# Linux Mint 11 -  Dell Inspiron 6400 - Wlan-Hardwareschalter



## Bernd12 (26. Juli 2011)

Hi, 

ich hatte so einige Probleme mit Linux Mint 11 und meinem alten Dell Inspirion 6400 bzw. mit der Wlan-Karte. Erst hat es überhaupt nicht mit den Treibern funktioniert. Nun habe ich manuell den Treiber installiert.
Jetzt wird das Gerät erkannt. Die Anzeige (unten rechts in der Leiste) zeigt nun auch die Möglichkeit der Funknetzwerkverbindung an und per "iwconfig" wird das Gerät auch angezeigt - alles super.

Aber: Wenn ich ein Funknetzwerk per Button (unten rechts in der Leiste) anwählen möchte, wird "Funknetzwerke sind durch Hardware-Schalter deaktiviert" angezeigt. 
Der einzige Schalter der mir einfällt die Kombination Fn + F2. Dort wird bei dem Laptop normalerweise das Wlan aktiviert/deaktiviert.  Aber Linux reagiert nicht darauf. 

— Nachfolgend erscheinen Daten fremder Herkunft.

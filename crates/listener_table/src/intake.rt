//! Orders, connections that are taken and handed over, what the next wait is told, and folds.
ghost use Rattle.std.specs.Prelude.{◌≡◌, ◌<◌, [], None, false, true, IfErr, IfSome, OnOk};
ghost use Rattle.board_book.specs.AtRest.{IsAtRest};
ghost use Rattle.board_book.specs.Faults.{IsRefusedFor};
ghost use Rattle.board_book.specs.Finds.{next_deadline_of};
ghost use Rattle.board_turns.specs.Books.{book_of, state_of};
ghost use Rattle.conn_machine.specs.Folds.{opening_record};
ghost use Rattle.conn_machine.specs.Made.{AreMade};
ghost use Rattle.conn_machine.specs.Shown.{totals_of};
ghost use Rattle.conn_machine.specs.States.{is_serving};
ghost use Rattle.conn_machine.specs.Table.{greatest_generation, is_not_past};
ghost use Rattle.conn_machine.specs.declared.event.Commanded.TheVariants as commanded;
ghost use Rattle.mpm_base.specs.Shape.{is_in_bounds};
ghost use Rattle.conn_state.specs.Conn.{IsFresh};
ghost use Rattle.conn_state.specs.Known.{IsOfClient};
ghost use Rattle.listener_turns.specs.Looks.{IsSeenIn};
ghost use Rattle.listener_parts.specs.Did.{Did, LeavesAlone, OnlySees};
ghost use Rattle.listener_parts.specs.Orders.{DoesNoOrder, DoesOrder};
ghost use Rattle.listener_parts.specs.Rounds.{IsStill};
ghost use Rattle.listener_parts.specs.Times.{KeepsTime, is_ended_at};
ghost use Rattle.conn_machine.specs.Frames.{frame_of};
ghost use Rattle.listener_parts.specs.Taking.{FailsTaking, ServesNewest, TakesLink};

use crate::kept::{going_behind, newest_behind};
use crate::laws::table_rests_on_these;
use crate::table::Table;
use board::BoardFault;
use board_lock::Room;
use conn_machine::{BoxedShape, Commanded, Going, Refusal, Totals};
use conn_state::Known;
use file_table::Site;
use http_read::Limits;
use listener_parts::{Rest, fold_history, order, rest_of, take};
use listener_turns::{Look, take_look, totals};
use mpm_base::{Bell, Front, Gate, Link, Moment};
use std::alloc::Global;
use std::sync::{Arc, Wait};

impl<'a, M: Room, L: Link, N: Known, B: Bell, G: Gate> Table<'a, M, L, N, B, G> {
    /// How the server goes on.
    pub fn going(&self) -> Going
        ensures { result ≡ (state_of self.now).going }
    {
        self.going
    }

    /// The number of the newest generation.
    pub fn newest(&self) -> u32
        ensures { result ≡ (state_of self.now).newest }
    {
        self.newest
    }

    /// Begins a generation whose children have this shape.
    pub fn begin<R: Wait>(&mut self, rt: &R, shape: BoxedShape) -> Result<(), BoardFault>
        requires serving { is_serving (state_of self.old).going ≡ true }
        requires newest { (state_of self.old).newest < greatest_generation }
        requires shape { is_in_bounds shape ≡ true }
        ensures does { OnOk result
            (DoesOrder (commanded.Graceful shape) self.old self.new) }
        ensures err { IfErr result (λ _. DoesNoOrder self.old self.new) }
        ensures why { IfErr result (λ fault. IsRefusedFor fault (book_of self.new)) }
        ensures timely { KeepsTime self.old self.new }
        ensures number { self.new.who.number ≡ 0 }
        ensures made { AreMade self.new.origin.state
            (opening_record self.new.origin.passes) self.new.seen }
    {
        table_rests_on_these();
        let newest = self.newest;
        let begun = order(
            rt,
            self.hands.shared,
            &mut self.pass,
            Commanded::Graceful(shape),
        );
        self.newest = newest_behind(newest, begun.is_ok());
        begun
    }

    /// Refuses a restart for the reason.
    pub fn refuse<R: Wait>(&mut self, rt: &R, reason: Refusal) -> Result<(), BoardFault>
        ensures does { OnOk result
            (DoesOrder (commanded.Refused reason) self.old self.new) }
        ensures err { IfErr result (λ _. DoesNoOrder self.old self.new) }
        ensures why { IfErr result (λ fault. IsRefusedFor fault (book_of self.new)) }
        ensures timely { is_ended_at (frame_of (state_of self.old)) ≡ false
            → KeepsTime self.old self.new }
        ensures number { self.new.who.number ≡ 0 }
        ensures made { AreMade self.new.origin.state
            (opening_record self.new.origin.passes) self.new.seen }
    {
        table_rests_on_these();
        order(
            rt,
            self.hands.shared,
            &mut self.pass,
            Commanded::Refused(reason),
        )
    }

    /// Takes no further connection, and lets those that are open go on until the moment, where there is one.
    pub fn end<R: Wait>(&mut self, rt: &R, until: Option<Moment>) -> Result<(), BoardFault>
        requires serving { is_serving (state_of self.old).going ≡ true }
        requires until { is_not_past (state_of self.old).moment until ≡ true }
        ensures does { OnOk result
            (DoesOrder (commanded.GracefulStop until) self.old self.new) }
        ensures err { IfErr result (λ _. DoesNoOrder self.old self.new) }
        ensures why { IfErr result (λ fault. IsRefusedFor fault (book_of self.new)) }
        ensures timely { KeepsTime self.old self.new }
        ensures number { self.new.who.number ≡ 0 }
        ensures made { AreMade self.new.origin.state
            (opening_record self.new.origin.passes) self.new.seen }
    {
        table_rests_on_these();
        let going = self.going;
        let ends = order(
            rt,
            self.hands.shared,
            &mut self.pass,
            Commanded::GracefulStop(until),
        );
        self.going = going_behind(going, Going::Ending(until), ends.is_ok());
        ends
    }

    /// The numbers of a status.
    pub fn totals<R: Wait>(&mut self, rt: &R) -> Totals
        ensures did { Did [] None self.old self.new }
        ensures rest { LeavesAlone (state_of self.old) (state_of self.new) }
        ensures totals { result ≡ totals_of (state_of self.new) }
        ensures timely { KeepsTime self.old self.new }
        ensures number { self.new.who.number ≡ 0 }
        ensures made { AreMade self.new.origin.state
            (opening_record self.new.origin.passes) self.new.seen }
    {
        table_rests_on_these();
        totals(rt, self.hands.shared, &mut self.pass)
    }

    /// Looks whether a connection may be taken, and how the next wait may be.
    pub fn look<R: Wait>(&mut self, rt: &R) -> Look
        ensures did { Did [] None self.old self.new }
        ensures rest { LeavesAlone (state_of self.old) (state_of self.new) }
        ensures seen { IsSeenIn (state_of self.new) result }
        ensures timely { KeepsTime self.old self.new }
        ensures number { self.new.who.number ≡ 0 }
        ensures made { AreMade self.new.origin.state
            (opening_record self.new.origin.passes) self.new.seen }
    {
        table_rests_on_these();
        take_look(rt, self.hands.shared, &mut self.pass)
    }

    /// Takes the connection of the link, which the front has just handed out, and has the front watch it. Where the table refuses it the front
    /// turns it away, and where the front can't watch it its connection is closed.
    pub fn take<R: Wait, F: Front<L = L>>(
        &mut self,
        rt: &R,
        alloc: Global,
        front: &mut F,
        link: L,
        limits: Limits,
        site: Arc<Site>,
    ) -> Result<(), BoardFault>
        requires fresh { IfSome (L.seen link).told IsFresh }
        requires client { IsOfClient N.known (L.seen link).told }
        requires arrival { IfSome (L.seen link).told
            (λ t. t.rank ≡ (state_of self.old).accepted) }
        requires serves { ServesNewest N.known self.old limits site.value }
        ensures takes { OnOk result (TakesLink (L.seen link).told (F.seen front.old)
            (F.seen front.new) self.old self.new) }
        ensures fails { IfErr result
            (λ fault. FailsTaking fault (L.seen link).told (F.seen front.old) (F.seen front.new)
            self.old self.new) }
        ensures rest { LeavesAlone (record (state_of self.old)
            { accepted = (state_of self.new).accepted }) (state_of self.new) }
        ensures timely { KeepsTime self.old self.new }
        ensures number { self.new.who.number ≡ 0 }
        ensures made { AreMade self.new.origin.state
            (opening_record self.new.origin.passes) self.new.seen }
    {
        table_rests_on_these();
        take(
            rt,
            alloc,
            self.hands.shared,
            &mut self.pass,
            front,
            link,
            limits,
            site,
        )
    }

    /// What the next wait is told, by the last look.
    pub fn rest(&mut self, look: Look) -> Rest
        requires { IsSeenIn (state_of self.old) look }
        ensures did { Did [] None self.old self.new }
        ensures rest { LeavesAlone (state_of self.old) (state_of self.new) }
        ensures until { result.until ≡ next_deadline_of (state_of self.old) }
        ensures quiet { result.quiet ≡ true → IsStill self.old self.new }
        ensures timely { KeepsTime self.old self.new }
        ensures number { self.new.who.number ≡ 0 }
        ensures made { AreMade self.new.origin.state
            (opening_record self.new.origin.passes) self.new.seen }
    {
        table_rests_on_these();
        rest_of(self.hands.shared, &mut self.pass, &self.credits, look)
    }

    /// Hands what is signalled to the workers, and serves it where they have no threads. Pass 0 does nothing in it.
    pub fn hand_over<R: Wait>(&mut self, rt: &R)
        ensures { self.new ≡ self.old }
    {
        self.works.hand_over(rt, &self.credits);
    }

    /// Folds the history, where it may be folded.
    pub fn fold<R: Wait>(&mut self, rt: &R)
        ensures sees { OnlySees self.old self.new }
        ensures rest { LeavesAlone (state_of self.old) (state_of self.new) }
        ensures still { IsAtRest (state_of self.old) → self.new.seen ≡ self.old.seen }
        ensures timely { KeepsTime self.old self.new }
    {
        table_rests_on_these();
        fold_history(rt, self.hands.shared, &mut self.pass);
    }
}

Wie kann ich die Sperre durch diesen Schalter deaktivieren sodass das Wlan zu nutzen ist?

Danke!!


----------



## Bernd12 (26. Juli 2011)

Es wäre super wenn jemand antworten würde. Ich müsste das recht schnell lösen. Danke!!


----------



## Bernd12 (26. Juli 2011)

Es wäre super wenn jemand antworten würde. Ich müsste das recht schnell lösen. Danke!!


----------



## Jimini (27. Juli 2011)

Du kannst mal "rfkill" ausprobieren, damit müsstest du den WLAN-Adapter reaktivieren können.
rfkill

MfG Jimini


----------



## watercooled (27. Juli 2011)

Bitte, da hilft dir auch keiner schneller 

Schau mal nach ob fu Links unten am lappi nen Schalter findest...


----------



## Bernd12 (27. Juli 2011)

Vielen Dank. Mit rfkill hats funktioniert!


----------